The unemployment rate fell to 7.3 percent, down 0.1 percentage points from the previous month. Still, the decline reflected a drop in the participation rate rather than an increase in employment levels.
The weaker-than-expected jobs report raises the likelihood that the US Federal Reserve will maintain its quantitative easing programme at the current pace of $85 billion per month, although Barclays Capital expects some form of tapering as early as this month.
“Although the weaker-than-expected non-farm payrolls data provided a boost to prices, our economists believe the report was sufficient to green-light a tapering of Fed asset purchases this month,” it said in a note.
The Federal Open Market Committee (FOMC) meets next week, where the tapering of QE is likely to be the main topic of debate. Accommodative measures from the US central bank are supportive of gold because extra liquidity tends to debase the dollar and create future inflationary risks.
“Combined with the debt ceiling debate and our in-house view for the dollar and Treasuries to strengthen further, prices are likely to face downside risk in the near term,” BarCap added.
Congress returns to Washington on Monday after a short break, with the end of the fiscal year looming at the end of the month. More pressing than the need to agree a funding bill is a resolution on whether to instigate military action against Syria.

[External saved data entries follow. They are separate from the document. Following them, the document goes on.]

// Connection parameter requests: judged, with the reason, and answered.
ghost use Rattle.std.specs.Prelude.{◌≡◌, ◌<◌};

use l2cap::cid;
use l2cap_params::Request;

// Every request of the demo has this identifier.
const ID: u8 = 7;

// An interval counts 1.25 ms: so many hundredths of a millisecond.
const INTERVAL: u64 = 125;

// A timeout counts 10 ms.
const TIMEOUT: u64 = 1000;

fn milliseconds(hundredths: u64) {
    tool_say::number(hundredths / 100);
    if hundredths % 100 != 0 {
        tool_say::told(b".", hundredths % 100, b"");
    }
    tool_say::text(b" ms");
}

fn tell(r: Request) {
    tool_say::text(b"  Interval ");
    milliseconds(INTERVAL * u64::from(r.min));
    tool_say::text(b" to ");
    milliseconds(INTERVAL * u64::from(r.max));
    tool_say::told(b", latency ", u64::from(r.latency), b", timeout ");
    milliseconds(TIMEOUT * u64::from(r.timeout));
}

// Why intervals that are bad are bad.
fn interval_reason(r: Request) {
    if r.max < r.min {
        tool_say::line(b": bad, the least interval is above the greatest");
    } else {
        tool_say::line(b": bad, an interval is 7.5 ms to 4 s");
    }
}

// The timeout must hold twice the longest silence.
fn timeout_reason(r: Request) {
    tool_say::told(
        b": bad, the timeout must be 100 ms to 32 s and above 2 x ",
        1 + u64::from(r.latency),
        b" x ",
    );
    milliseconds(INTERVAL * u64::from(r.max));
    tool_say::line(b"");
}

// Why a request that is bad is bad.
fn reason(r: Request) {
    if (r.min < 6) | (3200 < r.max) | (r.max < r.min) {
        interval_reason(r);
    } else if 499 < r.latency {
        tool_say::line(b": bad, a head may skip 499 events at most");
    } else {
        timeout_reason(r);
    }
}

// The request as a payload of the signaling channel (Core Vol 3 Part A 4.20).
fn payload(r: Request) -> [u8; 12] {
    [
        l2cap_signaling::code::PARAMETER_UPDATE_REQ,
        ID,
        8,
        0,
        bytes_halves::lo(r.min),
        bytes_halves::hi(r.min),
        bytes_halves::lo(r.max),
        bytes_halves::hi(r.max),
        bytes_halves::lo(r.latency),
        bytes_halves::hi(r.latency),
        bytes_halves::lo(r.timeout),
        bytes_halves::hi(r.timeout),
    ]
}

// The frame that goes back.
fn answer(r: Request) {
    let request = payload(r);
    let mut out = [0u8; 16];
    let sent = match l2cap_signaling::on_signaling(&request).reply {
        Some(reply) => l2cap::l2cap(&mut out, 0, cid::SIGNALING, &reply),
        None => 0,
    };
    tool_say::text(b"    answered with");
    tool_say::first(&out, sent);
    tool_say::line(b"");
}

pub fn judge(r: Request) {
    tell(r);
    if r.is_good() {
        tool_say::line(b": good");
    } else {
        reason(r);
    }
    answer(r);
}
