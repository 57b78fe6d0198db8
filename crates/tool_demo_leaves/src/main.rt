// The library at work, in plain words: one bay head's advertisement taken apart and searched, what heads tell of a service, and
// connection parameter requests judged and answered.
#![tactic(auto)]

mod presences;
mod requests;
mod searches;
mod structures;

use l2cap_params::Request;

// What a bay head advertises: flags, two 16-bit services and a 128-bit one.
const DATA: [u8; 27] = [
    0x02, 0x01, 0x06, 0x05, 0x03, 0x0F, 0x18, 0x0A, 0x18, 0x11, 0x07, 0x9E, 0xCA, 0xDC, 0x24, 0x0E,
    0xE5, 0xA9, 0xE0, 0x93, 0xF3, 0xA3, 0xB5, 0x01, 0x00, 0x40, 0x6E,
];

// What it adds to a scan: a name and one more service.
const RESPONSE: [u8; 13] = [
    0x08, 0x09, b'B', b'a', b'y', b' ', b'0', b'4', b'2', 0x03, 0x02, 0xED, 0xFE,
];

// Flags, and a list whose length says more than is there.
const DAMAGED: [u8; 7] = [0x02, 0x01, 0x06, 0x05, 0x03, 0x0F, 0x18];

fn services<'a>(data: &'a [u8], response: &'a [u8]) {
    tool_say::line(b"");
    searches::service(b"180F", data, response);
    searches::service(b"6E400001-B5A3-F393-E0A9-E50E24DCCA9E", data, response);
    searches::service(b"FEED", data, response);
}

fn no_services<'a>(data: &'a [u8], response: &'a [u8]) {
    searches::service(b"1234", data, response);
    searches::service(b"18OF", data, response);
}

fn advertisement(data: &[u8], response: &[u8]) {
    tool_say::line(b"A bay head advertises.");
    structures::tell(b"  Its advertising data, ", data);
    structures::tell(b"  Its scan response, ", response);
    searches::names(data, response);
}

fn damage(data: &[u8]) {
    tool_say::line(b"");
    structures::tell(b"A damaged advertisement, ", data);
    searches::service(b"180F", data, data);
}

// What a head asks for: intervals, latency and timeout.
const REQUESTS: [Request; 5] = [
    Request {
        min: 6,
        max: 3200,
        latency: 0,
        timeout: 801,
    },
    Request {
        min: 6,
        max: 3200,
        latency: 0,
        timeout: 800,
    },
    Request {
        min: 5,
        max: 12,
        latency: 0,
        timeout: 100,
    },
    Request {
        min: 24,
        max: 12,
        latency: 0,
        timeout: 100,
    },
    Request {
        min: 6,
        max: 12,
        latency: 500,
        timeout: 3200,
    },
];

fn judgements() {
    tool_say::line(b"");
    tool_say::line(b"A head asks for other connection parameters.");
    for request in REQUESTS {
        requests::judge(request);
    }
}

fn main() {
    let data = DATA;
    let response = RESPONSE;
    let damaged = DAMAGED;
    advertisement(&data, &response);
    services(&data, &response);
    no_services(&data, &response);
    damage(&damaged);
    presences::heads();
    judgements();
}
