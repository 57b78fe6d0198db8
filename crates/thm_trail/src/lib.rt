// All calls together, and the worlds that each passes through: definitions and theorems, no code.
#![tactic(auto)]
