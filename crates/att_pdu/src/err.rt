// Error codes of an ATT error response, Core Vol 3 Part F 3.4.1.1.
// Kept: numbers and no enum, since they are bytes of the wire, where any other may stand too.
pub const INVALID_HANDLE: u8 = 0x01;

pub const REQUEST_NOT_SUPPORTED: u8 = 0x06;

pub const ATTRIBUTE_NOT_FOUND: u8 = 0x0A;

Trading is likely to be jumpy in thin conditions today given a lack of frontline data and developments in the geopolitical sphere, with investors set to remain on the sidelines until the FOMC meeting for further clarity.
“Price action is likely to remain choppy within the recent trading range up ahead, with limited appetite to hold large positions,” UBS said in a note.
In the other metals, platinum was last unchanged at $1,488/1,499 per ounce, palladium at $694/700 was also unchanged, while silver at $23.76/23.80 was down slightly from Friday’s $23.82.